Large-scale phase-field study of anisotropic grain growth: Effects of misorientation-dependent grain boundary energy and mobility

Abstract

Three-dimensional grain growth behaviors under anisotropic (misorientation-dependent) grain boundary energy and mobility are investigated via phase-field simulations. Based on a multi-phase-field model and parallel graphics-processing unit computing on a supercomputer, very large-scale simulations with more than three million grains are achieved, enabling reliable statistical evaluation of anisotropic grain growth. The anisotropic boundary properties are introduced by the classical Read-Shockley and sigmoidal models; the threshold misorientation angle, Δθh, included in these models is used as a quantity to determine the anisotropy strength of the system.

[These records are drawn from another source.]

//! Webs that a function enters: they are loaded where it begins, and stored back where it returns.

ghost use Rattle.std.specs.Prelude.{◌≡◌, ◌++◌, None, Some, IfSome, IfNone, OnOk};
ghost use Rattle.pw_select.specs.Selection.{entered_web, lines_of_web, loaded_web, stored_back, webs_loaded, webs_stored};

use pw_alloc::is_entry;
use pw_db::{FIRST_REGISTER, LAST_REGISTER, Role, Web};
use pw_inst::Line;
use pw_items::Items;
use pw_select_lines::{put_read, put_write};
use std::alloc::{AllocError, Global};

/// The web of a register among those that are entered.
fn entered_web<'a>(webs: &'a [(Web, Role)], r: u8) -> Option<&'a Web>
    ensures found { IfSome result (λ w. entered_web webs.now r ≡ Some w.now) }
    ensures none { IfNone result (entered_web webs.now r ≡ None) }
{
    let mut rest = webs;
    while let [web, after @ ..] = rest {
        if web.0.reg == r && is_entry(web.1) {
            return Some(&web.0);
        }
        rest = after;
    }
    None
}

/// The global of the web that is entered in a register comes to it.
fn put_web_loaded(
    alloc: Global,
    out: &mut Items<Line>,
    webs: &[(Web, Role)],
    r: u8,
) -> Result<(), AllocError>
    ensures { OnOk result (out.new ≡ out.old ++ lines_of_web loaded_web (entered_web webs.now r)) }
{
    match entered_web(webs, r) {
        Some(web) => put_read(alloc, out, &web.global, web.kind, web.reg),
        None => Ok(()),
    }
}

/// The register of the web that is entered in it goes back to its global, where the web writes.
fn put_web_stored(
    alloc: Global,
    out: &mut Items<Line>,
    webs: &[(Web, Role)],
    r: u8,
) -> Result<(), AllocError>
    ensures { OnOk result (out.new ≡ out.old ++ lines_of_web stored_back (entered_web webs.now r)) }
{
    match entered_web(webs, r) {
        Some(web) => {
            if web.writes {
                put_write(alloc, out, &web.global, web.kind, web.reg)
            } else {
                Ok(())
            }
        }
        None => Ok(()),
    }
}

/// The globals of entered webs come to their registers, in the registers' order.
pub fn put_webs_loaded(
    alloc: Global,
    out: &mut Items<Line>,
    webs: &[(Web, Role)],
) -> Result<(), AllocError>
    ensures { OnOk result (out.new ≡ out.old ++ webs_loaded webs.now) }
{
    for r in FIRST_REGISTER..LAST_REGISTER + 1 {
        put_web_loaded(alloc, out, webs, r)?;
    }
    Ok(())
}

/// The registers of entered webs that write go back to their globals, in the registers' order.
pub fn put_webs_stored(
    alloc: Global,
    out: &mut Items<Line>,
    webs: &[(Web, Role)],
) -> Result<(), AllocError>
    ensures { OnOk result (out.new ≡ out.old ++ webs_stored webs.now) }
{
    for r in FIRST_REGISTER..LAST_REGISTER + 1 {
        put_web_stored(alloc, out, webs, r)?;
    }
    Ok(())
}
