impl Processor {
    ghost use Rattle.pw_image.specs.Image.{AreItems, data_start};
    ghost use Rattle.pw_machine.specs.Start.{start_core};

    /// The processor at the start of a program: its entry, its words, and its `data_size` bytes of data,
    /// which are 0 but for the items.
    #[tactic(auto, unfolding(crate::specs::Start::start_core))]
    pub(crate) fn start(
        alloc: Global,
        entry: u32,
        words: &[u32],
        data_size: u32,
        items: &[DataItem],
    ) -> Result<Processor, NoMemory>
        requires few_words { length words.now ≤ word_limit }
        requires data_fits { data_start (length words.now) + data_size ≤ memory_size }
        requires items { AreItems data_size 0 items.now }
        ensures { IfOk result (λ p. p ≡ start_core entry words.now data_size items.now) }
    {
        let text = words.len() as u32;
        let data_start = data_start(text) as u32;
        let mut registers = [0; 32];
        registers[STACK_POINTER as usize] = start::stack_start(data_start + data_size);
        let code = start::decoded(alloc, words)?;
        let mut memory = Pages::blank(alloc, MEMORY_SIZE as usize / PAGE_BYTES)?;
        memory.put_words(TEXT_START as usize, words);
        start::put_items(&mut memory, data_start as usize, data_size, items);
        Ok(Processor {
            registers,
            front: entry,
            back: entry.wrapping_add(4),
            nullify: false,
            shift: 0,
            memory,
            code,
            text,
            data_start,
            stopped: None,
        })
    }

    ghost use Rattle.pw_machine.specs.Core.{register, with_register, advanced, moved, next, byte_at, half_at, word_at, with_byte, with_half, with_word};
    ghost use Rattle.pw_machine.specs.Effect.{Goes, puts, halts, address, access_fault, is_in_text, target, branches_if, breaks, executed};
    ghost use Rattle.pw_machine.specs.Outcomes.{Does};
    ghost use Rattle.pw_machine.specs.Run.{answered};

    /// The word in a general register.
    #[inline(always)]
    pub(crate) fn register(&self, r: u8) -> u32
        requires { r < 32 }
        ensures { result ≡ register self.now r }
    {
        self.registers[r as usize]
    }

    /// Puts a word into a general register; register 0 stays 0.
    #[inline(always)]
    pub(crate) fn set_register(&mut self, r: u8, value: u32)
        requires { r < 32 }
        ensures { self.new ≡ with_register self.old r value }
    {
        if r != 0 {
            self.registers[r as usize] = value;
        }
    }

    /// The address 4 beyond back.
    #[inline(always)]
    fn next(&self) -> u32
        ensures { result ≡ next self.now }
    {
        self.back.wrapping_add(4)
    }

    /// Goes on to the instruction at back, and from there to the one at `after`.
    #[inline(always)]
    fn go(&mut self, after: u32, nullify: bool)
        ensures { self.new ≡ moved self.old after nullify }
    {
        self.front = self.back;
        self.back = after;
        self.nullify = nullify;
    }

    /// Goes on with no branch.
    #[inline(always)]
    pub(crate) fn advance(&mut self)
        ensures { self.new ≡ advanced self.old }
    {
        let after = self.next();
        self.go(after, false);
    }

    /// Puts a word into a register, and goes on.
    #[inline(always)]
    pub(crate) fn put(&mut self, t: u8, value: u32) -> Outcome
        requires { t < 32 }
        ensures { Does (puts self.old t value) self.old result self.new }
    {
        self.advance();
        self.set_register(t, value);
        Outcome::Goes
    }

    /// The instruction at front halts the run.
    #[inline(always)]
    pub(crate) fn halt(&self, halt: Halt) -> Outcome
        ensures { Does (halts self.now halt) self.now result self.now }
    {
        Outcome::Stops(End::Halted(halt, self.front))
    }

    /// A base register plus a displacement.
    #[inline(always)]
    pub(crate) fn address(&self, b: u8, im: i32) -> u32
        requires { b < 32 }
        ensures { result ≡ address self.now b im }
    {
        self.register(b).wrapping_add_signed(im)
    }

    /// Why an access of `size` bytes is refused, if it is.
    #[inline(always)]
    fn access_fault(&self, a: u32, size: u32, stores: bool) -> Option<Halt>
        requires small { size ≤ 4 }
        requires positive { 0 < size }
        ensures fault { result ≡ access_fault self.now a size stores }
        ensures aligned { IfNone result (a % size ≡ 0) }
        ensures within { IfNone result (a + size ≤ memory_size) }
        ensures above_text { IfNone result (OnTrue stores (self.now.data_start ≤ a)) }
    {
        if a % size != 0 {
            return Some(Halt::Unaligned);
        }
        if a < TEXT_START || a > MEMORY_SIZE - size {
            return Some(Halt::OutOfMemoryRange);
        }
        if stores && a < self.data_start {
            return Some(Halt::TextWrite);
        }
        None
    }

    /// Whether an address is a multiple of 4 inside the text.
    #[inline(always)]
    pub(crate) fn is_in_text(&self, a: u32) -> bool
        ensures inside { result ≡ is_in_text self.now a }
        ensures aligned { OnTrue result (a % 4 ≡ 0) }
        ensures above { OnTrue result (text_start ≤ a) }
        ensures below { OnTrue result (a < text_start + 4 * self.now.text) }
    {
        a % 4 == 0 && TEXT_START <= a && a < TEXT_START + 4 * self.text
    }

    /// The instruction of the word at an address of the text, if it is one.
    #[inline(always)]
    pub(crate) fn instruction_at(&self, a: u32) -> Option<Inst>
        requires aligned { a % 4 ≡ 0 }
        requires above { text_start ≤ a }
        requires below { a < text_start + 4 * self.now.text }
        ensures table { result ≡ decoded (word_at self.now.memory a) }
        ensures in_range { IfSome result IsInRange }
    {
        self.code[(a - TEXT_START) as usize / 4]
    }

    /// The byte at an address.
    #[inline(always)]
    fn byte_at(&self, a: u32) -> u32
        requires { a < memory_size }
        ensures { result ≡ byte_at self.now.memory a }
    {
        self.memory.byte_at(a as usize)
    }

    /// The half word at an even address.
    #[inline(always)]
    fn half_at(&self, a: u32) -> u32
        requires aligned { a % 2 ≡ 0 }
        requires within { a + 2 ≤ memory_size }
        ensures { result ≡ half_at self.now.memory a }
    {
        self.memory.half_at(a as usize)
    }

    /// The word at an address that is a multiple of 4.
    #[inline(always)]
    pub(crate) fn word_at(&self, a: u32) -> u32
        requires aligned { a % 4 ≡ 0 }
        requires within { a + 4 ≤ memory_size }
        ensures { result ≡ word_at self.now.memory a }
    {
        self.memory.word_at(a as usize)
    }

    /// Puts the low byte of a word at an address behind the text.
    #[inline(always)]
    fn put_byte(&mut self, a: u32, value: u32)
        requires within { a < memory_size }
        requires above_text { self.old.data_start ≤ a }
        ensures { self.new ≡ record self.old { memory = with_byte self.old.memory a value } }
    {
        self.memory.put_byte(a as usize, value);
    }

    /// Puts the low half word of a word at an even address behind the text.
    #[inline(always)]
    fn put_half(&mut self, a: u32, value: u32)
        requires aligned { a % 2 ≡ 0 }
        requires within { a + 2 ≤ memory_size }
        requires above_text { self.old.data_start ≤ a }
        ensures { self.new ≡ record self.old { memory = with_half self.old.memory a value } }
    {
        self.memory.put_half(a as usize, value);
    }

    /// Puts a word at an address behind the text that is a multiple of 4.
    #[inline(always)]
    fn put_word(&mut self, a: u32, value: u32)
        requires aligned { a % 4 ≡ 0 }
        requires within { a + 4 ≤ memory_size }
        requires above_text { self.old.data_start ≤ a }
        ensures { self.new ≡ record self.old { memory = with_word self.old.memory a value } }
    {
        self.memory.put_word(a as usize, value);
    }

    /// LDB.
    #[inline(always)]
    pub(crate) fn load_byte(&mut self, im: i32, b: u8, t: u8) -> Outcome
        requires base { b < 32 }
        requires target { t < 32 }
        ensures { Does (executed self.old (Inst.Ldb im b t)) self.old result self.new }
    {
        let a = self.address(b, im);
        if let Some(halt) = self.access_fault(a, 1, false) {
            return self.halt(halt);
        }
        self.put(t, self.byte_at(a))
    }

    /// LDH.
    #[inline(always)]
    pub(crate) fn load_half(&mut self, im: i32, b: u8, t: u8) -> Outcome
        requires base { b < 32 }
        requires target { t < 32 }
        ensures { Does (executed self.old (Inst.Ldh im b t)) self.old result self.new }
    {
        let a = self.address(b, im);
        if let Some(halt) = self.access_fault(a, 2, false) {
            return self.halt(halt);
        }
        self.put(t, self.half_at(a))
    }

    /// LDW.
    #[inline(always)]
    pub(crate) fn load_word(&mut self, im: i32, b: u8, t: u8) -> Outcome
        requires base { b < 32 }
        requires target { t < 32 }
        ensures { Does (executed self.old (Inst.Ldw im b t)) self.old result self.new }
    {
        let a = self.address(b, im);
        if let Some(halt) = self.access_fault(a, 4, false) {
            return self.halt(halt);
        }
        self.put(t, self.word_at(a))
    }

    /// STB.
    #[inline(always)]
    pub(crate) fn store_byte(&mut self, r: u8, im: i32, b: u8) -> Outcome
        requires source { r < 32 }
        requires base { b < 32 }
        ensures { Does (executed self.old (Inst.Stb r im b)) self.old result self.new }
    {
        let a = self.address(b, im);
        if let Some(halt) = self.access_fault(a, 1, true) {
            return self.halt(halt);
        }
        self.put_byte(a, self.register(r));
        self.advance();
        Outcome::Goes
    }

    /// STH.
    #[inline(always)]
    pub(crate) fn store_half(&mut self, r: u8, im: i32, b: u8) -> Outcome
        requires source { r < 32 }
        requires base { b < 32 }
        ensures { Does (executed self.old (Inst.Sth r im b)) self.old result self.new }
    {
        let a = self.address(b, im);
        if let Some(halt) = self.access_fault(a, 2, true) {
            return self.halt(halt);
        }
        self.put_half(a, self.register(r));
        self.advance();
        Outcome::Goes
    }

    /// STW.
    #[inline(always)]
    pub(crate) fn store_word(&mut self, r: u8, im: i32, b: u8) -> Outcome
        requires source { r < 32 }
        requires base { b < 32 }
        ensures { Does (executed self.old (Inst.Stw r im b)) self.old result self.new }
    {
        let a = self.address(b, im);
        if let Some(halt) = self.access_fault(a, 4, true) {
            return self.halt(halt);
        }
        self.put_word(a, self.register(r));
        self.advance();
        Outcome::Goes
    }

    /// MTCTL.
    #[inline(always)]
    pub(crate) fn set_shift(&mut self, r: u8) -> Outcome
        requires { r < 32 }
        ensures { Does (executed self.old (Inst.Mtctl r)) self.old result self.new }
    {
        self.shift = self.register(r) % 32;
        self.advance();
        Outcome::Goes
    }

    /// VSHD.
    #[inline(always)]
    pub(crate) fn shift_double(&mut self, r1: u8, r2: u8, t: u8) -> Outcome
        requires first { r1 < 32 }
        requires second { r2 < 32 }
        requires target { t < 32 }
        ensures { Does (executed self.old (Inst.Vshd r1 r2 t)) self.old result self.new }
    {
        let value = bits::shifted(self.register(r1), self.register(r2), self.shift);
        self.put(t, value)
    }

    /// The address of a branch: the instruction's own + 8 + 4 * disp.
    #[inline(always)]
    fn target(&self, disp: i32) -> u32
        ensures { result ≡ target self.now disp }
    {
        let bytes = disp.cast_unsigned().wrapping_mul(4);
        self.front.wrapping_add(8).wrapping_add(bytes)
    }

    /// Puts 0 into a register, and goes on, the next instruction nullified or not.
    #[inline(always)]
    pub(crate) fn clear(&mut self, nullify: bool, t: u8) -> Outcome
        requires { t < 32 }
        ensures { Does (Goes (with_register (moved self.old (next self.old) nullify) t 0)) self.old result self.new }
    {
        let after = self.next();
        self.go(after, nullify);
        self.set_register(t, 0);
        Outcome::Goes
    }

    /// Branches, or goes on.
    #[inline(always)]
    pub(crate) fn branch_if(&mut self, taken: bool, disp: i32) -> Outcome
        ensures { Does (branches_if self.old taken disp) self.old result self.new }
    {
        let after = if taken {
            self.target(disp)
        } else {
            self.next()
        };
        self.go(after, false);
        Outcome::Goes
    }

    /// BL.
    #[inline(always)]
    pub(crate) fn branch_and_link(&mut self, disp: i32, t: u8, n: bool) -> Outcome
        requires { t < 32 }
        ensures { Does (executed self.old (Inst.Bl disp t n)) self.old result self.new }
    {
        let link = self.next();
        let after = self.target(disp);
        self.go(after, n);
        self.set_register(t, link);
        Outcome::Goes
    }

    /// BV.
    #[inline(always)]
    pub(crate) fn branch_to(&mut self, b: u8, n: bool) -> Outcome
        requires { b < 32 }
        ensures { Does (executed self.old (Inst.Bv b n)) self.old result self.new }
    {
        let after = self.register(b);
        self.go(after, n);
        Outcome::Goes
    }

    /// BLE.
    #[inline(always)]
    pub(crate) fn link_and_branch_to(&mut self, b: u8, n: bool) -> Outcome
        requires { b < 32 }
        ensures { Does (executed self.old (Inst.Ble b n)) self.old result self.new }
    {
        let link = self.next();
        let after = self.register(b);
        self.go(after, n);
        self.set_register(ROUTINE_LINK, link);
        Outcome::Goes
    }

    /// BREAK.
    #[inline(always)]
    pub(crate) fn ask(&self, im5: u8, im13: u16) -> Outcome
        ensures { Does (breaks self.now im5 im13) self.now result self.now }
    {
        match (im5, im13) {
            (0, 1) => Outcome::Reads,
            (0, 2) => Outcome::Writes(self.low_byte()),
            (0, 3) => Outcome::Stops(End::Ended(self.low_byte())),
            (0, 4) => Outcome::Stops(End::StackStop),
            _ => self.halt(Halt::BadBreak),
        }
    }

    /// The low byte of the first argument's register.
    fn low_byte(&self) -> u8
        ensures { result ≡ register self.now (argument_register 0) % 2 ^ 8 }
    {
        (self.register(ARGUMENT) % 0x100) as u8
    }

    /// The address of the next instruction.
    #[inline(always)]
    pub(crate) fn front(&self) -> u32
        ensures { result ≡ self.now.front }
    {
        self.front
    }

    /// Whether the next instruction is nullified.
    #[inline(always)]
    pub(crate) fn is_nullified(&self) -> bool
        ensures { result ≡ self.now.nullify }
    {
        self.nullify
    }

    /// How the run ended, once it has.
    pub(crate) fn stopped(&self) -> Option<End>
        ensures { result ≡ self.now.stopped }
    {
        self.stopped
    }

    /// Ends the run, and leaves all else as it is.
    pub(crate) fn stop(&mut self, end: End)
        ensures { self.new ≡ record self.old { stopped = Some end } }
    {
        self.stopped = Some(end);
    }

    /// Puts the answer of a BREAK into the register of a call's result, and goes on.
    pub(crate) fn answer(&mut self, value: u32)
        ensures { self.new ≡ answered self.old value }
    {
        self.advance();
        self.set_register(ANSWER, value);
    }
}
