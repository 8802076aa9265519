//! The prologue and the epilogue.

ghost use Rattle.std.specs.Prelude.{◌≡◌, ◌<◌, ◌+◌, ◌*◌, ◌^◌, ◌++◌, length, OnOk};
ghost use Rattle.pw_alloc.specs.Frames.{first_stacked, head_size};
ghost use Rattle.pw_select_lines.specs.Registers.{load_from, store_to};
ghost use Rattle.pw_select.specs.Selection.{saved_lines, incoming, parameter_in, parameters_in, frame_end, frame_left, entry_lines, prologue, epilogue};
ghost use Rattle.pw_select.specs.Selectable.{IsFrame};

use crate::webs::{put_webs_loaded, put_webs_stored};
use pw_alloc::{FIRST_STACKED, LINK_PLACE, Located, Place, below, head_size};
use pw_inst::{
    ARGUMENT, FIRST, HELP, Inst, Line, NEAR_LEAST, NEAR_LIMIT, RETURN_ADDRESS, SECOND,
    STACK_POINTER, Symbol,
};
use pw_items::Items;
use pw_select_lines::{place_of, put, put_address, put_constant, put_copy, put_load, put_store};
use std::alloc::{AllocError, Global};

/// The saved registers go into the frame.
fn put_saves(out: &mut Items<Line>, head: u32, saved: &[u8]) -> Result<(), AllocError>
    requires { head + 4 * length saved.now < 2 ^ 31 }
    ensures { OnOk result (out.new ≡ out.old ++ saved_lines store_to head 0 saved.now) }
{
    let mut k = 0;
    let mut rest = saved;
    while let [r, after @ ..] = rest {
        put_store(out, below(head + 4 * (k + 1)), *r)?;
        k += 1;
        rest = after;
    }
    Ok(())
}

/// The saved registers come back from the frame.
fn put_restores(out: &mut Items<Line>, head: u32, saved: &[u8]) -> Result<(), AllocError>
    requires { head + 4 * length saved.now < 2 ^ 31 }
    ensures { OnOk result (out.new ≡ out.old ++ saved_lines load_from head 0 saved.now) }
{
    let mut k = 0;
    let mut rest = saved;
    while let [r, after @ ..] = rest {
        put_load(out, below(head + 4 * (k + 1)), *r)?;
        k += 1;
        rest = after;
    }
    Ok(())
}

/// A parameter comes to a register: the first four from registers, the others from the caller's frame.
fn put_incoming(out: &mut Items<Line>, frame: u32, k: u32, d: u8) -> Result<(), AllocError>
    requires { frame + first_stacked + 4 * k < 2 ^ 31 }
    ensures { OnOk result (out.new ≡ out.old ++ incoming frame k d) }
{
    if k < 4 {
        put_copy(out, ARGUMENT - k as u8, d)
    } else {
        put_load(out, below(frame + FIRST_STACKED + 4 * (k - 4)), d)
    }
}

/// A parameter comes to its place.
fn put_parameter(out: &mut Items<Line>, frame: u32, k: u32, place: Place) -> Result<(), AllocError>
    requires { frame + first_stacked + 4 * k < 2 ^ 31 }
    ensures { OnOk result (out.new ≡ out.old ++ parameter_in frame k place) }
{
    match place {
        Place::Reg(r) => put_incoming(out, frame, k, r),
        Place::Slot(offset) => {
            put_incoming(out, frame, k, FIRST)?;
            put_store(out, offset, FIRST)
        }
    }
}

fn put_parameters(
    out: &mut Items<Line>,
    frame: u32,
    places: &[Place],
    count: u32,
) -> Result<(), AllocError>
    requires { frame + first_stacked + 4 * count < 2 ^ 31 }
    ensures { OnOk result (out.new ≡ out.old ++ parameters_in frame places.now 0 count) }
{
    for k in 0..count {
        put_parameter(out, frame, k, place_of(places, k))?;
    }
    Ok(())
}

/// The end of the frame in the help register.
fn put_frame_end(out: &mut Items<Line>, frame: u32) -> Result<(), AllocError>
    requires { frame < 2 ^ 31 }
    ensures { OnOk result (out.new ≡ out.old ++ frame_end frame) }
{
    let t = HELP;
    if frame > NEAR_LIMIT {
        put_constant(out, frame, t)?;
        put(
            out,
            Inst::Addl {
                r1: STACK_POINTER,
                r2: t,
                t,
            },
        )
    } else {
        put(
            out,
            Inst::Ldo {
                im: frame as i32,
                b: STACK_POINTER,
                t,
            },
        )
    }
}

/// The stack is checked, and the return address and the stack pointer are set.
fn put_entry(alloc: Global, out: &mut Items<Line>, frame: u32) -> Result<(), AllocError>
    requires { frame < 2 ^ 31 }
    ensures { OnOk result (out.new ≡ out.old ++ entry_lines frame) }
{
    put_address(alloc, out, &Symbol::StackLimit, 0, SECOND)?;
    put_frame_end(out, frame)?;
    let (r1, r2) = (HELP, SECOND);
    put(
        out,
        Inst::Comclr {
            c: 5,
            f: false,
            r1,
            r2,
            t: 0,
        },
    )?;
    put(out, Inst::Break { im5: 0, im13: 4 })?;
    let b = STACK_POINTER;
    put(
        out,
        Inst::Stw {
            r: RETURN_ADDRESS,
            im: below(LINK_PLACE),
            b,
        },
    )?;
    put_copy(out, HELP, STACK_POINTER)
}

/// Puts a function's first lines: the test of the stack and the frame, the registers that it saves, the globals that
/// it loads into registers, and its parameters brought to their places.
pub fn put_prologue(alloc: Global, out: &mut Items<Line>, f: &Located) -> Result<(), AllocError>
    requires { IsFrame f.now }
    ensures { OnOk result (out.new ≡ out.old ++ prologue f.now) }
{
    put_entry(alloc, out, f.frame)?;
    put_saves(out, head_size(&f.body), f.saved.as_slice())?;
    put_webs_loaded(alloc, out, f.body.directives.webs.as_slice())?;
    put_parameters(out, f.frame, f.places.as_slice(), f.body.params)
}

/// The stack pointer goes back over the frame.
fn put_frame_left(out: &mut Items<Line>, frame: u32) -> Result<(), AllocError>
    requires { frame < 2 ^ 31 }
    ensures { OnOk result (out.new ≡ out.old ++ frame_left frame) }
{
    let t = STACK_POINTER;
    if frame > NEAR_LEAST {
        put_constant(out, frame, HELP)?;
        put(out, Inst::Sub { r1: t, r2: HELP, t })
    } else {
        put(
            out,
            Inst::Ldo {
                im: below(frame),
                b: t,
                t,
            },
        )
    }
}

/// The epilogue, by the size of the frame's head.
pub fn put_epilogue(
    alloc: Global,
    out: &mut Items<Line>,
    f: &Located,
    head: u32,
) -> Result<(), AllocError>
    requires frame { IsFrame f.now }
    requires head { head ≡ head_size f.now.body }
    ensures { OnOk result (out.new ≡ out.old ++ epilogue f.now) }
{
    put_webs_stored(alloc, out, f.body.directives.webs.as_slice())?;
    put_restores(out, head, f.saved.as_slice())?;
    put_load(out, below(f.frame + LINK_PLACE), RETURN_ADDRESS)?;
    put_frame_left(out, f.frame)?;
    out.push(Line::Leave)
}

Systematic simulations are performed for different Δθh values, through which the correlations between the anisotropy strength and grain growth characteristics such as grain size and misorientation distributions are examined. The obtained results show that anisotropic grain growth reaches the steady-state regime irrespective of the Δθh value. However, the kinetics and microstructural morphology during the steady-state growth are largely dependent on Δθh. Furthermore, by comparison with the simulated results, the applicability of analytical grain growth theories to anisotropic systems are tested. The tests reveal that the steady-state microstructure in anisotropic growth cannot be well captured by the existing theories, which is likely because the basic assumptions of the theories do not hold for anisotropic systems.